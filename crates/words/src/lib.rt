//! The vocabulary of texts: lines of words, numbers, bytes and names.
#![tactic(auto)]

pub mod bytes;
pub mod fault;
pub mod number;
pub mod parts;
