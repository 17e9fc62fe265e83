//! What a leaf has applied.

use db_base::ids::ClientId;

/// The records of a queue and client up to a number are applied.
#[derive(Clone, Copy, Debug, PartialEq, Eq)]
pub struct Done {
    /// 0 for the tree's queue, p for that of page p.
    pub queue: u64,
    /// The client whose records they are.
    pub client: ClientId,
    /// The number of the last record that is applied, at least 1.
    pub number: u64,
}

************

TRY IT: Write all the entries out again exactly as they are.

ANSWER TO THE PROBLEM:
filename crates/words/src/lib.rt
//! The vocabulary of texts: lines of words, numbers, bytes and names.
#![tactic(auto)]

pub mod bytes;
pub mod fault;
pub mod number;
pub mod parts;
repository 17e9fc62fe265e83
//! What a leaf has applied.

use db_base::ids::ClientId;

/// The records of a queue and client up to a number are applied.
#[derive(Clone, Copy, Debug, PartialEq, Eq)]
pub struct Done {
    /// 0 for the tree's queue, p for that of page p.
    pub queue: u64,
    /// The client whose records they are.
    pub client: ClientId,
    /// The number of the last record that is applied, at least 1.
    pub number: u64,
}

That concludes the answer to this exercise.